A comparative study of S/MAR prediction tools
1 School of Crystallography, Birkbeck College, Malet Street, London, WC1E 7HX, UK
2 Functional Genomics Laboratory, Wolfson Institute for Biomedical Research, University College London, The Cruciform Building, Gower Street, London WC1E 6AU, UK
BMC Bioinformatics 2007, 8:71 doi:10.1186/1471-2105-8-71Published: 2 March 2007
S/MARs are regions of the DNA that are attached to the nuclear matrix. These regions are known to affect substantially the expression of genes. The computer prediction of S/MARs is a highly significant task which could contribute to our understanding of chromatin organisation in eukaryotic cells, the number and distribution of boundary elements, and the understanding of gene regulation in eukaryotic cells. However, while a number of S/MAR predictors have been proposed, their accuracy has so far not come under scrutiny.
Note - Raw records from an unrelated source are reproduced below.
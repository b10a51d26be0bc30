//! A table that is too large.

use crate::service_numbers::ServiceNumbers;
use std::fmt;
use std::fmt::{Display, Formatter};

/// What has no room in a section: section_length is at most 1,021.
#[derive(Clone, Copy, Debug, PartialEq, Eq)]
pub enum LargeTable {
    /// The NIT, which would have this section_length.
    Nit(usize),
    /// The row of the SDT of this service.
    SdtRow(ServiceNumbers),
    /// The PMT of one of the services. One that was read is never too large.
    Pmt,
}

impl Display for LargeTable {
    fn fmt<W: fmt::Write>(&self, f: &mut Formatter<W>) -> fmt::Result {
        match self {
            LargeTable::Nit(length) => {
                write!(f, "section_length of the NIT is {length}, at most 1021")
            }
            LargeTable::SdtRow(service) => {
                write!(f, "{service}: its row of the SDT has no room in a section")
            }
            LargeTable::Pmt => {
                f.write_str("section_length of the PMT of a service is above 1021")
            }
        }
    }
}
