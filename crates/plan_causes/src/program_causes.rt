//! The chosen services that are scrambled, or whose streams aren't those of their programs.

ghost use Rattle.std.specs.Prelude.{◌≡◌, ◌==◌, not, ◌&&◌, false, if◌then◌else◌, None, Some, IfSome, is_some, map, find, option_map, option_copied, slice_get};
ghost use Rattle.std.specs.List.{list_any, filter_map};
ghost use Rattle.std.specs.Option.{option_map_or};
ghost use Rattle.tables.specs.declared.pmt_row.PmtRow.{PmtRow};
ghost use Rattle.request.specs.declared.plan_fault.PlanFault.TheVariants.{CaFound, RateMissing, StreamUnknown};
ghost use Rattle.request.specs.declared.stream.Stream.{Stream};
ghost use Rattle.selection.specs.Chosen.{ChosenValue, has_ca, is_scrambled, is_elementary, no_pcr_pid, streams_of, lacks_rate, has_unknown_stream};
ghost use Rattle.selection.specs.ChosenView.{chosen_value};
ghost use Rattle.selection.specs.ByNumber.{is_named_by};
ghost use Rattle.selection.specs.declared.chosen_service.ChosenService.{ChosenService};
ghost use Rattle.selection.specs.Faults.{program_fault_of};
ghost use Rattle.plan_causes.specs.Causes.{IsCaPlace, IsMissing, IsUnknown, IsCauseAmong, fault_of};

use crate::ca_place::CaPlace;
use crate::missing_stream::MissingStream;
use crate::plan_cause::PlanCause;
use crate::service_numbers::ServiceNumbers;
use crate::stream_tests::{is_named, is_unknown, pid_at};
use request::{Request, Stream};
use selection::ChosenService;
use tables::{Pmt, PmtRow, has_ca_descriptor};

/// PCR_PID of a program that has no PCR (ISO/IEC 13818-1, 2.4.4.9).
const NO_PCR_PID: u16 = 0x1fff;

/// The first elementary stream with a CA descriptor.
fn find_ca_row(rows: &[PmtRow]) -> Option<&PmtRow>
    ensures { option_copied result ≡ find (λ (row : PmtRow). has_ca row.descriptors) rows.now }
{
    rows.iter().find(|row| has_ca_descriptor(&row.descriptors))
}

/// What says that the service is scrambled, or may be: a CA descriptor of its program, else one of the first elementary stream
/// that has one, else free_CA_mode.
fn ca_place(chosen: &ChosenService<'_>) -> Option<CaPlace>
    ensures place { IfSome result (IsCaPlace (chosen_value chosen.now)) }
    ensures some { is_some result ≡ is_scrambled (chosen_value chosen.now) }
{
    if has_ca_descriptor(chosen.pmt.program_info()) {
        return Some(CaPlace::Program);
    }
    match find_ca_row(chosen.pmt.rows()) {
        Some(row) => Some(CaPlace::Stream(row.elementary_pid)),
        None if chosen.row.free_ca_mode => Some(CaPlace::FreeCaMode),
        None => None,
    }
}

/// The first elementary stream whose PID none of the streams of these numbers has.
fn find_unnamed_row<'a>(
    streams: &[Stream],
    numbers: &[usize],
    rows: &'a [PmtRow],
) -> Option<&'a PmtRow>
    ensures { option_copied result ≡ find (λ (row : PmtRow). not (is_named_by streams.now numbers.now
        row.elementary_pid)) rows.now }
{
    rows.iter()
        .find(|row| !is_named(streams, numbers, row.elementary_pid))
}

/// Whether the program has a PCR PID that none of the streams of these numbers has.
fn lacks_pcr(streams: &[Stream], numbers: &[usize], pmt: &Pmt) -> bool
    ensures { result ≡ (not (pmt.now.pcr_pid == no_pcr_pid)
        && not (is_named_by streams.now numbers.now pmt.now.pcr_pid)) }
{
    pmt.pcr_pid() != NO_PCR_PID && !is_named(streams, numbers, pmt.pcr_pid())
}

/// The first PID that the program names and none of the streams of these numbers has: of the elementary streams, else the PCR
/// PID.
fn missing_stream(streams: &[Stream], numbers: &[usize], pmt: &Pmt) -> Option<MissingStream>
    ensures stream { IfSome result
        (IsMissing (filter_map (λ n. slice_get streams.now n) numbers.now) pmt.now) }
    ensures some { is_some result
        ≡ lacks_rate (filter_map (λ n. slice_get streams.now n) numbers.now) pmt.now }
{
    match find_unnamed_row(streams, numbers, pmt.rows()) {
        Some(row) => Some(MissingStream::Elementary {
            pid: row.elementary_pid,
            stream_type: row.stream_type,
        }),
        None if lacks_pcr(streams, numbers, pmt) => Some(MissingStream::Pcr(pmt.pcr_pid())),
        None => None,
    }
}

/// The number of the first stream of these numbers that the program doesn't name.
fn find_unknown(streams: &[Stream], numbers: &[usize], pmt: &Pmt) -> Option<usize>
    ensures { result ≡ find (λ n. option_map_or
        (λ (s : Stream). not (is_elementary pmt.now s.pid) && not (pmt.now.pcr_pid == s.pid))
        (slice_get streams.now n) false) numbers.now }
{
    numbers
        .iter()
        .copied()
        .find(|number| is_unknown(streams, *number, pmt))
}

/// The PID of the first stream of these numbers that the program doesn't name.
fn unknown_pid(streams: &[Stream], numbers: &[usize], pmt: &Pmt) -> Option<u16>
    ensures unknown { IfSome result
        (IsUnknown (filter_map (λ n. slice_get streams.now n) numbers.now) pmt.now) }
    ensures some { is_some result
        ≡ has_unknown_stream (filter_map (λ n. slice_get streams.now n) numbers.now) pmt.now }
{
    let number = find_unknown(streams, numbers, pmt)?;
    pid_at(streams, number)
}

/// The first service that is scrambled.
fn find_scrambled<'a, 'b>(chosen: &'b [ChosenService<'a>]) -> Option<&'b ChosenService<'a>>
    ensures { option_copied result
        ≡ find (λ (c : ChosenService). is_scrambled (chosen_value c)) chosen.now }
{
    chosen.iter().find(|chosen| ca_place(chosen).is_some())
}

/// The first service whose program has a stream that the service hasn't.
fn find_missing<'a, 'b>(
    streams: &[Stream],
    chosen: &'b [ChosenService<'a>],
) -> Option<&'b ChosenService<'a>>
    ensures { option_copied result ≡ find (λ (c : ChosenService). lacks_rate
        (filter_map (λ n. slice_get streams.now n) c.service.now.streams.items) c.pmt.now) chosen.now }
{
    chosen.iter().find(|chosen| missing_stream(
        streams,
        &chosen.service.streams,
        chosen.pmt,
    ).is_some())
}

/// The first service with a stream that its program doesn't name.
fn find_with_unknown<'a, 'b>(
    streams: &[Stream],
    chosen: &'b [ChosenService<'a>],
) -> Option<&'b ChosenService<'a>>
    ensures { option_copied result ≡ find (λ (c : ChosenService). has_unknown_stream
        (filter_map (λ n. slice_get streams.now n) c.service.now.streams.items) c.pmt.now) chosen.now }
{
    chosen.iter().find(|chosen| unknown_pid(streams, &chosen.service.streams, chosen.pmt).is_some())
}

/// The first service that is scrambled, and where.
fn ca_cause(request: &Request, chosen: &[ChosenService<'_>]) -> Option<PlanCause>
    ensures fault { option_map fault_of result
        ≡ (if list_any is_scrambled (map chosen_value chosen.now) then Some CaFound else None) }
    ensures cause { IfSome result (IsCauseAmong request.now (map chosen_value chosen.now)) }
{
    let service = find_scrambled(chosen)?;
    let place = ca_place(service)?;
    let numbers = ServiceNumbers::of(service.service);
    Some(PlanCause::CaFound(numbers, place))
}

/// The first service whose program has a stream that the service hasn't, and which stream.
fn rate_cause(request: &Request, chosen: &[ChosenService<'_>]) -> Option<PlanCause>
    ensures fault { option_map fault_of result ≡ (if list_any
        (λ (c : ChosenValue). lacks_rate (streams_of request.now c.service) c.pmt)
        (map chosen_value chosen.now) then Some RateMissing else None) }
    ensures cause { IfSome result (IsCauseAmong request.now (map chosen_value chosen.now)) }
{
    let streams = request.streams();
    let service = find_missing(streams, chosen)?;
    let stream = missing_stream(streams, &service.service.streams, service.pmt)?;
    let numbers = ServiceNumbers::of(service.service);
    Some(PlanCause::RateMissing(numbers, stream))
}

/// The first service with a stream that its program doesn't name, and that stream's PID.
fn unknown_cause(request: &Request, chosen: &[ChosenService<'_>]) -> Option<PlanCause>
    ensures fault { option_map fault_of result ≡ (if list_any
        (λ (c : ChosenValue). has_unknown_stream (streams_of request.now c.service) c.pmt)
        (map chosen_value chosen.now) then Some StreamUnknown else None) }
    ensures cause { IfSome result (IsCauseAmong request.now (map chosen_value chosen.now)) }
{
    let streams = request.streams();
    let service = find_with_unknown(streams, chosen)?;
    let pid = unknown_pid(streams, &service.service.streams, service.pmt)?;
    let numbers = ServiceNumbers::of(service.service);
    Some(PlanCause::StreamUnknown(numbers, pid))
}

/// The cause of the fault of the chosen services by their programs and streams.
#[tactic(auto, unfolding(selection::specs::Faults::program_fault_of))]
pub fn program_cause(request: &Request, chosen: &[ChosenService<'_>]) -> Option<PlanCause>
    ensures fault { option_map fault_of result
        ≡ program_fault_of request.now (map chosen_value chosen.now) }
    ensures cause { IfSome result (IsCauseAmong request.now (map chosen_value chosen.now)) }
{
    if let Some(cause) = ca_cause(request, chosen) {
        return Some(cause);
    }
    if let Some(cause) = rate_cause(request, chosen) {
        return Some(cause);
    }
    unknown_cause(request, chosen)
}
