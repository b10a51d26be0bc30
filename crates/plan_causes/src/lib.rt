//! Where a plan is at fault, and what was found there: for each fault of a plan that what was found in its inputs has, one
//! place to which it applies, in numbers and in words.
#![tactic(auto)]

mod ca_place;
mod causes;
mod choice_causes;
mod large_table;
mod missing_stream;
mod plan_cause;
mod program_causes;
mod row_lack;
mod service_numbers;
mod stream_tests;
mod table_causes;

pub use ca_place::CaPlace;
pub use causes::cause_of;
pub use large_table::LargeTable;
pub use missing_stream::MissingStream;
pub use plan_cause::PlanCause;
pub use row_lack::RowLack;
pub use service_numbers::ServiceNumbers;
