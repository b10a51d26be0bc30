//! Tests of a service's streams.

ghost use Rattle.std.specs.Prelude.{◌≡◌, ◌==◌, false, not, ◌&&◌, slice_get, option_map};
ghost use Rattle.std.specs.Option.{option_map_or};
ghost use Rattle.request.specs.declared.stream.Stream.{Stream};
ghost use Rattle.selection.specs.Chosen.{is_elementary};
ghost use Rattle.selection.specs.ByNumber.{is_named_by};

use request::Stream;
use tables::Pmt;

/// Whether the stream of this number has this PID.
fn has_pid(streams: &[Stream], number: usize, pid: u16) -> bool
    ensures { result
        ≡ option_map_or (λ (s : Stream). s.pid == pid) (slice_get streams.now number) false }
{
    match streams.get(number) {
        Some(stream) => stream.pid == pid,
        None => false,
    }
}

/// The PID of the stream of this number.
pub fn pid_at(streams: &[Stream], number: usize) -> Option<u16>
    ensures { result ≡ option_map (λ (s : Stream). s.pid) (slice_get streams.now number) }
{
    let stream = streams.get(number)?;
    Some(stream.pid)
}

/// Whether one of the streams of these numbers has this PID.
pub fn is_named(streams: &[Stream], numbers: &[usize], pid: u16) -> bool
    ensures { result ≡ is_named_by streams.now numbers.now pid }
{
    numbers.iter().any(|number| has_pid(streams, *number, pid))
}

/// Whether the program has an elementary stream of this PID.
fn is_elementary(pmt: &Pmt, pid: u16) -> bool
    ensures { result ≡ is_elementary pmt.now pid }
{
    pmt.rows().iter().any(|row| row.elementary_pid == pid)
}

/// Whether the stream of this number has a PID that the program doesn't name.
pub fn is_unknown(streams: &[Stream], number: usize, pmt: &Pmt) -> bool
    ensures { result ≡ option_map_or
        (λ (s : Stream). not (is_elementary pmt.now s.pid) && not (pmt.now.pcr_pid == s.pid))
        (slice_get streams.now number) false }
{
    match streams.get(number) {
        Some(stream) => !is_elementary(pmt, stream.pid) && pmt.pcr_pid() != stream.pid,
        None => false,
    }
}
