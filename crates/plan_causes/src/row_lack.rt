//! What is lacking of a service's row.

use std::fmt;
use std::fmt::{Display, Formatter};

/// Why a service isn't described in its input.
#[derive(Clone, Copy, Debug, PartialEq, Eq)]
pub enum RowLack {
    /// The input has no complete SDT.
    NoSdt,
    /// Its SDT has no row of the service.
    NoRow,
    /// The first row of the service has no service descriptor whose lengths fill it.
    NoDescriptor,
}

impl Display for RowLack {
    fn fmt<W: fmt::Write>(&self, f: &mut Formatter<W>) -> fmt::Result {
        f.write_str(match self {
            RowLack::NoSdt => "the input has no complete SDT",
            RowLack::NoRow => "the input's SDT has no row of it",
            RowLack::NoDescriptor => {
                "its row of the input's SDT has no service descriptor whose lengths fill it"
            }
        })
    }
}
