//! A stream without a row.

use std::fmt;
use std::fmt::{Display, Formatter};

/// A PID that a program's PMT names, and none of the service's rows.
#[derive(Clone, Copy, Debug, PartialEq, Eq)]
pub enum MissingStream {
    /// That of an elementary stream.
    Elementary {
        /// elementary_PID in the input.
        pid: u16,
        /// 8 bits.
        stream_type: u8,
    },
    /// PCR_PID in the input, not 0x1FFF.
    Pcr(u16),
}

impl Display for MissingStream {
    fn fmt<W: fmt::Write>(&self, f: &mut Formatter<W>) -> fmt::Result {
        match self {
            MissingStream::Elementary { pid, stream_type } => {
                write!(f, "PID 0x{pid:04X} (stream type 0x{stream_type:02X})")
            }
            MissingStream::Pcr(pid) => write!(f, "PID 0x{pid:04X} for the PCR"),
        }
    }
}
We have selected S/MARs with sufficient experimental evidence and used these to evaluate existing methods of S/MAR prediction. Our main results are: 1.) all existing methods have little predictive power, 2.) a simple rule based on AT-percentage is generally competitive with other methods, 3.) in practice, the different methods will usually identify different sub-sequences as S/MARs, 4.) more research on the H-Rule would be valuable.
A new insight is needed to design a method which will predict S/MARs well. Our data, including the control data, has been deposited as additional material and this may help later researchers test new predictors.